Bunuel wrote:
Commentator: Advocates of direct cash assistance payments to individuals have long asserted that such payments, from either local or federal funds, are an effective way to build wealth among working people who struggle to accumulate capital while meeting basic expenses. Clearly, however, this assertion has proven false. In a recent two-year pilot program, most recipients of direct cash assistance reported that they spent all of the additional funds on immediate expenses. Even among those who did save, few set aside more than 10% of the funds in savings or retirement accounts.
The commentator’s argument is flawed in that it
(A) Presupposes that a program of assistance to working people would be successful only if it helped build wealth
(B) Fails to distinguish between essential and discretionary spending
(C) Takes for granted that in a longer-term program of cash assistance, most recipients would first settle short-term expenses and then shift to saving a significant portion of the assistance money
(D) Fails to distinguish between a measure that directly contributes to a desired outcome and a measure that facilitates the accomplishment of that outcome
(E) Takes for granted that a pattern of behavior following upon a particular intervention would not have occurred in the absence of that intervention
Manhattan Prep Official Explanation:Step 1: Identify the Question The word flawed in the question stem indicates that this is a Find the Flaw question.
Step 2: Deconstruct the Argument In this argument, the conclusion is hidden in the middle. First, the commentator describes someone else’s opinion—a counterpoint. Advocates have said that giving people cash will build wealth. The commentator concludes that this view is wrong, then provides a supporting premise: People who received cash assistance put only a small percentage into savings or retirement accounts.
Step 3: Pause and State the Goal Since this is a Find the Flaw question, the answer will relate to an assumption the argument relies upon. Here are two big ones the commentator seems to be making:
1) The results of the two-year study are representative of what would happen in other situations.

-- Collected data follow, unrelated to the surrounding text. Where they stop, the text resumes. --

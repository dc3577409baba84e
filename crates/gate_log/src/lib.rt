//! A log on a disk that a stop can't tear: each entry is there whole, or not at all.
//!
//! The entries stand one behind another in the file `journal`. The file `slots` has a slot for each entry, an open gate
//! (01), the journal's length behind the entry (eight bytes, the highest first) and the entry's MD5, and a closed gate
//! behind the last. An append writes the entry, then its slot's length and sum with a closed gate behind it, syncs, opens
//! the gate by a write of one byte, and syncs again. Opening syncs, reads the gates up to the first closed one, compares
//! each entry with its sum, cuts what is behind, and syncs. That is the second version; the first has its gates and
//! lengths in the file `gate`, and no sums. Both are read and appended to, and `upgrade` makes the second of the first.
//!
//! At each moment since an append began, a stop leaves an image that stands for the old entries, or for these and
//! the new one; once the append has answered Ok, always with the new one. An opening finds exactly the entries that
//! stand, and may itself be stopped at any moment.
//!
//! ```text
//! let disk = create_folder(&mut StdFolders::new(&rt), alloc, "folder")?;
//! let mut log = GateLog::create(alloc, disk).map_err(|(fault, _disk)| fault)?;
//! let receipt = log.append(b"first")?;
//! let log = GateLog::open(alloc, log.into_disk()).map_err(|(fault, _disk)| fault)?;
//! ```
#![tactic(auto)]

mod create;
mod ends;
mod fault;
mod find;
mod log;
mod migrate;
mod put;
mod reads;
mod recover;
mod slots;
mod sums;
mod verdicts;
mod version;

pub use fault::LogFault;
pub use log::{GateLog, MOST_BYTES, Receipt};
pub use verdicts::one_verdict;
pub use version::LogVersion;
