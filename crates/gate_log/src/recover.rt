//! The device calls of an opening.
ghost use Rattle.std.specs.Prelude.{◌≡◌, ◌<◌, IfOk, IfErr, OnOk, OnErr};
ghost use Rattle.fleet_disk.specs.Rules.{Follows};
ghost use Rattle.gate_log.specs.Device.{Acts, ActsFor, ActsSafely, AtEachMoment, EndsSafe, IsSound, MaySettleAs, Passes};
ghost use Rattle.gate_log.specs.Device.{SettlesAs, Tells, Turns};
ghost use Rattle.gate_log.specs.Faults.{IsFindFault};
ghost use Rattle.gate_log.specs.Looks.{LooksFor};
ghost use Rattle.gate_log.specs.Recovered.{Finds, HandsBack, IsRecovered, OpensThrough};
ghost use Rattle.gate_log.specs.Standing.{AreEnds, FindsDamage, FindsNone, IsAtRest, IsCutBack, parts};
ghost use Rattle.gate_log.specs.Standing.{Stands, StandsAs, StandsAt};
ghost use Rattle.gate_log.specs.Version.{IsOf, IsBeside, IsCleared};

use crate::ends::end_of;
use crate::fault::LogFault;
use crate::find::{find_ends, find_version, lengths_of};
use crate::slots::GATE_BYTES;
use crate::version::{LogVersion, gate_at, gates_file};
use fleet_disk::{Disk, DiskFault, DiskFile};
use std::alloc::Global;

/// What an opening finds: the version, and where the entries end.
#[derive(Drop)]
pub struct Found {
    pub version: LogVersion,
    pub ends: Vec<u64>,
}

// Cuts what an upgrade has left of `gate` beside `slots`.
fn clear_gate<D: Disk>(disk: &mut D, version: LogVersion) -> Result<(), DiskFault>
    ensures beside { Turns D.Disk disk.old disk.new result (IsBeside version) }
    ensures cleared { Turns D.Disk disk.old disk.new result (IsCleared version) }
    ensures left { D.honest disk.old → Follows (IsBeside version) (D.may_leave disk.old) (D.may_leave disk.new) }
    ensures time { D.honest disk.old → Passes D.Disk disk.old disk.new }
    ensures acts { Acts D.Disk disk.old disk.new result }
{
    match version {
        LogVersion::First => Ok(()),
        LogVersion::Second => disk.cut(DiskFile::Gate, 0),
    }
}

// Cuts what is behind the entries that stand, and syncs.
fn cut_back<D: Disk>(disk: &mut D, version: LogVersion, ends: &[u64]) -> Result<(), DiskFault>
    requires ends { AreEnds version ends.now }
    requires stands { D.honest disk.old → StandsAt version ends.now (D.reads disk.old) }
    requires durable { IsSound D.Disk disk.old }

    ensures at_rest { Turns D.Disk disk.old disk.new result (λ old. IsAtRest version ends.now) }
    ensures cut { Turns D.Disk disk.old disk.new result (IsCutBack version ends.now) }
    ensures same { Turns D.Disk disk.old disk.new result (λ old new. parts 0 ends.now new.journal ≡ parts 0 ends.now
        old.journal) }
    ensures any_moment { AtEachMoment D.Disk disk.old disk.new (λ c. Stands c (parts 0 ends.now (D.reads
        disk.old).journal) × IsOf version c) }
    ensures acts { ActsSafely D.Disk disk.old disk.new result }
{
    let end = end_of(ends);
    let gate = gate_at(version, ends.len() as u64);
    disk.cut(DiskFile::Journal, end)?;
    disk.cut(gates_file(version), gate + GATE_BYTES)?;
    clear_gate(disk, version)?;
    disk.sync()?;
    Ok(())
}

// The version, and where the entries that stand end.
fn look<D: Disk>(alloc: Global, disk: &mut D) -> Result<Found, LogFault>
    ensures is { Tells D.Disk disk.old result (λ found. IsOf found.version) }
    ensures stands { Tells D.Disk disk.old result (λ found. StandsAt found.version found.ends.items) }
    ensures ends { IfOk result (λ found. AreEnds found.version found.ends.items) }
    ensures damaged { FindsDamage D.Disk disk.old result }
    ensures missing { FindsNone D.Disk disk.old result }
    ensures no_other { IfErr result IsFindFault }
    ensures looks { LooksFor D.Disk disk.old disk.new result }
{
    let version = find_version(disk)?;
    let lengths = lengths_of(disk, version)?;
    let ends = find_ends(alloc, disk, &lengths)?;
    Ok(Found { version, ends })
}

// Syncs, finds the entries that stand, and cuts what is behind them.
pub fn recover<D: Disk>(alloc: Global, disk: &mut D) -> Result<Found, LogFault>
    ensures done { D.honest disk.old → IfOk result (λ found. IsRecovered found (D.reads disk.old) (D.reads disk.new)) }
    ensures durable { EndsSafe D.Disk disk.old disk.new result }
    ensures ends { IfOk result (λ found. AreEnds found.version found.ends.items) }
    ensures finds { Finds D.Disk disk.old result }
    ensures acts { ActsFor D.Disk disk.old disk.new result }
    ensures any_moment { OpensThrough D.Disk disk.old disk.new }
    ensures settles { D.honest disk.old
        → OnOk result (SettlesAs D.Disk disk.old disk.new (StandsAs (D.reads disk.old))) }
    ensures settles_err { D.honest disk.old → OnErr result (MaySettleAs D.Disk disk.old disk.new (StandsAs (D.reads
        disk.old))) }
    ensures kept { IfErr result (HandsBack D.Disk disk.old disk.new) }
{
    disk.sync()?; // From here on a stop leaves what a read gives.
    let found = look(alloc, disk)?;
    cut_back(disk, found.version, &found.ends)?;
    Ok(found)
}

2) If people didn’t put much money into a savings/retirement account, the cash assistance didn’t help them build wealth.
Any argument relying on a study or sample is relying on the idea that this result is not an outlier, but that can be a little too simple and direct to make a tricky GMAT answer. However, the results could be unrepresentative in more subtle ways. For instance, maybe two years is not long enough to see the effect that advocates of cash assistance have predicted. The commentator is assuming that if any wealth-building was going to happen, it would happen within the first two years.
Next, there other ways to build wealth: paying down credit card debt, building home equity, paying for college.
One more feature to consider: On Find the Flaw questions, some of the answers may describe an assumption the argument relies upon, while others may describe a weakness that the argument fails to address. The answers may also directly describe the commentator’s error in logic.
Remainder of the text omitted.